Category: SSHjgoulah @ 7:39 PM

Introduction

If you have any servers that are running SSH and listening on a public net connection, its a good idea to prevent against dictionary attacks, since they are the simplest way to gain entry. You can get an idea of who is connecting or attempting to connect by viewing your ssh log which is located at /var/log/secure on Redhat or /var/log/auth.log on Debian.

There is an easy tool that you can install to deal with this attack called DenyHosts.
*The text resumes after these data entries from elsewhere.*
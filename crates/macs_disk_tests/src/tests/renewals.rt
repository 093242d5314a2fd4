//! Openings of a disk over a system each of whose calls fails in turn, or where the file's name is
//! another's meanwhile.

use super::{done, expect, is_missing, sectors};
use macs_disk::{DiskFile, FileDisk, FileFault};
use std::alloc::Allocator;
use std::cell::Cell;
use std::fs::{File, Metadata, OpenFile, OpenOptions, Permissions};
use std::io::{ErrorKind, Read, Seek, SeekFrom, Write};
use std::os::unix::fs::{MetadataExt, PermissionsExt};
use std::path::PathBuf;
use std::process::Abort;
use std::rt::Files;
use std::{fs, io};

/// The calls of the system and of its files, of which one fails.
#[derive(Drop)]
struct Calls {
    made: Cell<u64>,
    /// Which one fails, counted from 1; 0 is none.
    failing: u64,
    kind: ErrorKind,
    /// The program ends there: each later call fails too.
    is_end: bool,
}

impl Calls {
    fn new(failing: u64, kind: ErrorKind, is_end: bool) -> Calls {
        Calls {
            made: Cell::new(0),
            failing,
            kind,
            is_end,
        }
    }

    /// Calls of which none fails.
    fn all_done() -> Calls {
        Calls::new(0, ErrorKind::Other, false)
    }

    fn make(&self) -> io::Result<()> {
        let made = self.made.get().saturating_add(1);
        self.made.set(made);
        if made == self.failing || self.is_end && made > self.failing {
            return Err(io::Error::from(self.kind));
        }
        Ok(())
    }
}

/// A file of the system.
#[derive(Drop)]
struct CountedFile<'a> {
    file: File,
    calls: &'a Calls,
    /// What is known of it is said to be that of another user's file, once.
    is_strange: Cell<bool>,
}

impl Read for CountedFile<'_> {
    fn read(&mut self, into: &mut [u8]) -> io::Result<usize> {
        self.file.read(into)
    }
}

impl Write for CountedFile<'_> {
    fn write(&mut self, from: &[u8]) -> io::Result<usize> {
        self.file.write(from)
    }

    fn flush(&mut self) -> io::Result<()> {
        self.file.flush()
    }
}

impl Seek for CountedFile<'_> {
    fn seek(&mut self, to: SeekFrom) -> io::Result<u64> {
        self.file.seek(to)
    }
}

impl OpenFile for CountedFile<'_> {
    fn metadata(&self) -> io::Result<Metadata> {
        self.calls.make()?;
        if self.is_strange.replace(false) {
            return Ok(Metadata::of_file(0));
        }
        self.file.metadata()
    }

    fn set_len(&self, size: u64) -> io::Result<()> {
        self.file.set_len(size)
    }

    /// Only a folder is synced so: what a rename changes is not in the file.
    fn sync_all(&self) -> io::Result<()> {
        self.calls.make()?;
        if !self.file.metadata()?.is_dir() {
            return Err(io::Error::from(ErrorKind::NotADirectory));
        }
        self.file.sync_all()
    }

    fn sync_data(&self) -> io::Result<()> {
        self.file.sync_data()
    }

    fn set_permissions(&self, perm: Permissions) -> io::Result<()> {
        self.calls.make()?;
        self.file.set_permissions(perm)
    }
}

impl DiskFile for CountedFile<'_> {
    ghost use Rattle.macs_disk.specs.Evidence.{no-claim};

    fn claim(&mut self) -> io::Result<()> {
        self.calls.make()?;
        self.file.claim()
    }

    fn size(&mut self) -> io::Result<u64> {
        self.calls.make()?;
        self.file.size()
    }

    fn read_at(&mut self, at: u64, into: &mut [u8]) -> io::Result<usize> {
        self.calls.make()?;
        self.file.read_at(at, into)
    }

    fn write_at(&mut self, at: u64, from: &[u8]) -> io::Result<usize> {
        self.calls.make()?;
        self.file.write_at(at, from)
    }

    fn sync(&mut self) -> io::Result<()> {
        self.calls.make()?;
        self.file.sync()
    }

    ghost sound = { λ _ behaves. no-claim behaves };
}

/// What the system does beside its calls.
#[derive(Clone, Copy)]
enum Oddity {
    Nothing,
    /// This file gets the name, once the one that has it was claimed.
    Swaps(&'static str),
    /// A rename is answered as done, and is not.
    RenamesNothing,
    /// A file that is removed is there again at once.
    RemovesNothing,
}

/// The system, but for its oddity and the call that fails.
#[derive(Clone, Copy)]
struct Counted<'a, R> {
    system: &'a R,
    calls: &'a Calls,
    oddity: Oddity,
}

impl<'a, R: Files<File = File>> Files for Counted<'a, R> {
    type File = CountedFile<'a>;

    type Dir = R::Dir;

    fn open_file(&self, how: &OpenOptions, path: &str) -> io::Result<CountedFile<'a>> {
        self.calls.make()?;
        let file = self.system.open_file(how, path)?;
        let is_new = path.ends_with(".new");
        // It is its owner's alone from its first moment on.
        if is_new && file.metadata()?.mode() & 0o077 != 0 {
            return Err(io::Error::from(ErrorKind::PermissionDenied));
        }
        Ok(CountedFile {
            file,
            calls: self.calls,
            is_strange: Cell::new(is_new),
        })
    }

    fn open_dir(&self, path: &str) -> io::Result<R::Dir> {
        self.system.open_dir(path)
    }

    fn metadata(&self, path: &str) -> io::Result<Metadata> {
        self.system.metadata(path)
    }

    fn symlink_metadata(&self, path: &str) -> io::Result<Metadata> {
        self.calls.make()?;
        self.system.symlink_metadata(path)
    }

    fn copy(&self, from: &str, to: &str) -> io::Result<u64> {
        self.system.copy(from, to)
    }

    fn rename(&self, from: &str, to: &str) -> io::Result<()> {
        self.calls.make()?;
        match self.oddity {
            Oddity::RenamesNothing => Ok(()),
            _ => self.system.rename(from, to),
        }
    }

    fn remove_file(&self, path: &str) -> io::Result<()> {
        self.calls.make()?;
        match self.oddity {
            Oddity::RemovesNothing => Ok(()),
            _ => self.system.remove_file(path),
        }
    }

    fn create_dir(&self, path: &str) -> io::Result<()> {
        self.system.create_dir(path)
    }

    fn remove_dir(&self, path: &str) -> io::Result<()> {
        self.system.remove_dir(path)
    }

    fn remove_dir_all<B: Allocator>(&self, alloc: B, path: &str) -> io::Result<()> {
        self.system.remove_dir_all(alloc, path)
    }

    fn canonicalize<B: Allocator>(&self, alloc: B, path: &str) -> io::Result<PathBuf<B>> {
        self.calls.make()?;
        if let Oddity::Swaps(other) = self.oddity {
            self.system.rename(other, path)?;
        }
        self.system.canonicalize(alloc, path)
    }

    fn lchown(&self, path: &str, uid: Option<u32>, gid: Option<u32>) -> io::Result<()> {
        self.calls.make()?;
        self.system.lchown(path, uid, gid)
    }
}

/// A file's two sectors, full of an octet each.
fn octets(first: u8, second: u8) -> [u8; 1_024] {
    let mut octets = [0; 1_024];
    octets[..512].fill(first);
    octets[512..].fill(second);
    octets
}

/// A file's owner where a test may choose it.
const SOMEBODY: Option<u32> = Some(1);

/// Makes a file anew, of these octets, that its group may read. It is another user's where the
/// tests run as the superuser.
fn make(rt: &impl Files<File = File>, path: &str, octets: &[u8; 1_024]) -> io::Result<()> {
    let _ = fs::remove_file(rt, path);
    fs::write(rt, path, octets)?;
    rt.set_permissions(path, Permissions::from_mode(0o640))?;
    let _ = rt.chown(path, SOMEBODY, SOMEBODY);
    Ok(())
}

/// Whether a file has these octets.
fn has(
    rt: &(impl Files<File = File> + AllocGlobal),
    path: &str,
    octets: &[u8; 1_024],
) -> io::Result<bool> {
    let found = fs::read(rt, path)?;
    Ok(found.as_slice() == octets.as_slice())
}

/// How many sectors a disk has that is opened over this system, or why there is none.
fn open<R: Files<File = File> + AllocGlobal>(
    rt: &R,
    calls: &Calls,
    oddity: Oddity,
    path: &str,
) -> Result<u64, FileFault> {
    let system = Counted {
        system: rt,
        calls,
        oddity,
    };
    sectors(FileDisk::open(&system, rt.alloc(), path))
}

const DISK: &str = "renewal-disk";

const NEW: &str = "renewal-disk.new";

/// The calls of an opening, in their order, by the fault where each fails: the file is opened,
/// claimed and measured; its name is resolved, what is known of the file is asked for, and whether
/// the name is its own; what has the new name is removed; the new file is made, claimed, compared
/// with the old one, given its owner and its mode, and identified; the octets are read, written and
/// synced; the folder is opened, the file renamed, the folder synced, and whether the name is the
/// new file's is asked.
const CALLS: [FileFault; 20] = [
    FileFault::Open,
    FileFault::Open,
    FileFault::Open,
    FileFault::Open,
    FileFault::Open,
    FileFault::Open,
    FileFault::Open,
    FileFault::Open,
    FileFault::Open,
    FileFault::Open,
    FileFault::Open,
    FileFault::Open,
    FileFault::Open,
    FileFault::Device,
    FileFault::Open,
    FileFault::Device,
    FileFault::Open,
    FileFault::Open,
    FileFault::Open,
    FileFault::Open,
];

/// Which of them is the rename.
const RENAME: u64 = 18;

/// What the system knows of the file of the disk.
fn about(rt: &(impl Abort + Files<File = File>)) -> Metadata {
    match fs::metadata(rt, DISK) {
        Ok(about) => about,
        Err(_) => panic!(rt; "no file"),
    }
}

/// Makes that file.
fn made(rt: &(impl Abort + Files<File = File>)) -> Metadata {
    done(rt, make(rt, DISK, &octets(3, 4)));
    about(rt)
}

/// Opens the disk where this call fails, with this fault. The name is that of a file with all
/// octets then: of the new one only once the file was renamed.
fn fail<R: Abort + Files<File = File> + AllocGlobal>(rt: &R, calls: &Calls, fault: FileFault) {
    let before = made(rt);
    let failing = calls.failing;
    let answer = open(rt, calls, Oddity::Nothing, DISK);
    assert!(rt; answer == Err(fault), "call {failing}");
    let is_new = about(rt).ino() != before.ino();
    assert!(rt; is_new == (failing > RENAME), "call {failing}");
    expect(rt, has(rt, DISK, &octets(3, 4)));
    expect_private(rt, before.uid());
}

/// What lies beside the disk is for its owner alone, unless that is the owner of the disk.
fn expect_private<R: Abort + Files<File = File>>(rt: &R, owner: u32) {
    match fs::metadata(rt, NEW) {
        Ok(about) => assert!(rt; about.uid() == owner || about.mode() & 0o077 == 0),
        Err(error) => assert!(rt; error.kind() == ErrorKind::NotFound),
    }
}

/// The next opening of the disk is done, and leaves nothing behind.
fn open_next<R: Abort + Files<File = File> + AllocGlobal>(rt: &R) {
    assert!(rt; open(rt, &Calls::all_done(), Oddity::Nothing, DISK) == Ok(2));
    expect(rt, has(rt, DISK, &octets(3, 4)));
    expect(rt, is_missing(rt, NEW));
}

#[test]
fn each_call_of_an_opening_that_fails_is_answered(rt: HostRuntime) {
    for (i, fault) in CALLS.into_iter().enumerate() {
        let calls = Calls::new(i as u64 + 1, ErrorKind::Other, false);
        fail(&rt, &calls, fault);
        assert!(rt; matches!(is_missing(&rt, NEW), Ok(true)), "call {i}");
    }
    open_next(&rt);
    done(&rt, fs::remove_file(&rt, DISK));
}

#[test]
fn want_of_memory_of_an_opening_is_reported(rt: HostRuntime) {
    for (i, fault) in CALLS.into_iter().enumerate() {
        let wanted = match fault {
            FileFault::Open => FileFault::Memory,
            other => other,
        };
        let calls = Calls::new(i as u64 + 1, ErrorKind::OutOfMemory, false);
        fail(&rt, &calls, wanted);
    }
    open_next(&rt);
    done(&rt, fs::remove_file(&rt, DISK));
}

/// What is left beside the file is removed by the next opening.
#[test]
fn an_opening_that_is_cut_short_loses_nothing(rt: HostRuntime) {
    for (i, fault) in CALLS.into_iter().enumerate() {
        let calls = Calls::new(i as u64 + 1, ErrorKind::Other, true);
        fail(&rt, &calls, fault);
        open_next(&rt);
    }
    done(&rt, fs::remove_file(&rt, DISK));
}

/// A file is another than before, of the same owner and mode.
fn expect_alike(rt: &impl Abort, before: &Metadata, after: &Metadata) {
    assert!(rt; after.ino() != before.ino());
    assert!(rt; after.mode() == before.mode());
    assert!(rt; after.uid() == before.uid() && after.gid() == before.gid());
}

/// The calls that are made where none fails, and whose file it is then.
#[test]
fn an_opening_makes_these_calls(rt: HostRuntime) {
    let before = made(&rt);
    let calls = Calls::all_done();
    assert!(rt; open(&rt, &calls, Oddity::Nothing, DISK) == Ok(2));
    assert!(rt; calls.made.get() == CALLS.len() as u64);
    expect_alike(&rt, &before, &about(&rt));
    done(&rt, fs::remove_file(&rt, DISK));
}

/// A system of this oddity opens no disk in a new file of octets 3 and 4. The name is that of a
/// file with these octets then, which is removed.
fn refuse<R: Abort + Files<File = File> + AllocGlobal>(
    rt: &R,
    path: &str,
    oddity: Oddity,
    left: [u8; 1_024],
) {
    done(rt, make(rt, path, &octets(3, 4)));
    assert!(rt; open(rt, &Calls::all_done(), oddity, path) == Err(FileFault::Open));
    expect(rt, has(rt, path, &left));
    done(rt, fs::remove_file(rt, path));
}

/// The name is another file's before the new one is made: neither file is touched.
#[test]
fn a_name_that_is_another_files_is_refused(rt: HostRuntime) {
    done(&rt, make(&rt, "swapped-other", &octets(5, 6)));
    let odd = Oddity::Swaps("swapped-other");
    refuse(&rt, "swapped-disk", odd, octets(5, 6));
    expect(&rt, is_missing(&rt, "swapped-disk.new"));
}

/// The name is not the new file's after the rename: there is no disk.
#[test]
fn a_name_that_is_not_the_new_files_is_refused(rt: HostRuntime) {
    refuse(&rt, "kept-disk", Oddity::RenamesNothing, octets(3, 4));
    let _ = fs::remove_file(&rt, "kept-disk.new");
}

/// What has the name of the new file again is not written: neither file is touched.
#[test]
fn what_lies_beside_is_not_written(rt: HostRuntime) {
    done(&rt, make(&rt, "beside-disk.new", &octets(5, 6)));
    refuse(&rt, "beside-disk", Oddity::RemovesNothing, octets(3, 4));
    expect(&rt, has(&rt, "beside-disk.new", &octets(5, 6)));
    done(&rt, fs::remove_file(&rt, "beside-disk.new"));
}

/// How many sectors a disk has that is made over this system, or why there is none.
fn create<R: Files<File = File> + AllocGlobal>(
    rt: &R,
    calls: &Calls,
    path: &str,
) -> Result<u64, FileFault> {
    let system = Counted {
        system: rt,
        calls,
        oddity: Oddity::Nothing,
    };
    sectors(FileDisk::create(&system, rt.alloc(), path, 1))
}

/// Want of memory, a file without leave to read and write, and one that is not there.
const REASONS: [(ErrorKind, FileFault); 3] = [
    (ErrorKind::OutOfMemory, FileFault::Memory),
    (ErrorKind::PermissionDenied, FileFault::Open),
    (ErrorKind::NotFound, FileFault::Open),
];

/// No call of the system is done.
#[test]
fn what_is_not_opened_says_why(rt: HostRuntime) {
    for (kind, fault) in REASONS {
        let calls = Calls::new(1, kind, true);
        assert!(rt; create(&rt, &calls, "disk") == Err(fault));
        assert!(rt; open(&rt, &calls, Oddity::Nothing, "disk") == Err(fault));
    }
}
It basically monitors these log files and then if it finds a potential attacker based on your threshold it will add them to the /etc/hosts.deny file to prevent them from brute forcing your system.

Getting DenyHosts

DenyHosts can be found here on Sourceforge

We’ll grab the tarball

$ wget \

http://internap.dl.sourceforge.net/sourceforge/denyhosts/DenyHosts-2.6.tar.gz

Extract and install

$  tar xzvf DenyHosts-2.6.tar.gz
$  cd DenyHosts-2.6
$  sudo python setup.py install

This installs it into /usr/share/denyhosts so we’ll change directory

$ cd /usr/share/denyhosts

Copy the default config

$  sudo cp denyhosts.cfg-dist denyhosts.cfg

We need to set a few values in this file. The default values are for RedHat and this is how it looks on Debian

SECURE_LOG = /var/log/auth.log
LOCK_FILE = /var/run/denyhosts.pid

You may also want to set the DENY_THRESHOLD_INVALID and DENY_THRESHOLD_VALID values, which controls the threshold of failed login attempts for fake and real users respectively.

Now we need to setup the script that controls the deamon that does the work. There is a default one available so we can copy that

$ sudo cp daemon-control-dist daemon-control

There is only one value to change here on Debian

DENYHOSTS_LOCK = "/var/run/denyhosts.pid"

Now symlink the control script into our bootup scripts folder and add it to start on boot

$  sudo ln -s /usr/share/denyhosts/daemon-control /etc/init.d/denyhosts
$  sudo update-rc.d denyhosts defaults

Finally start it up for the first time

$  sudo /etc/init.d/denyhosts start

If you haven’t changed the default you can find the logs in /var/log/denyhosts if you want to see what its doing.

Conclusion

We’ve pretty quickly setup a tool to defend against brute force attacks. Its easy to configure and also supports email, smtp, and syslog notifications. This is a tool everyone should install for any servers that have SSH listening on the Internet.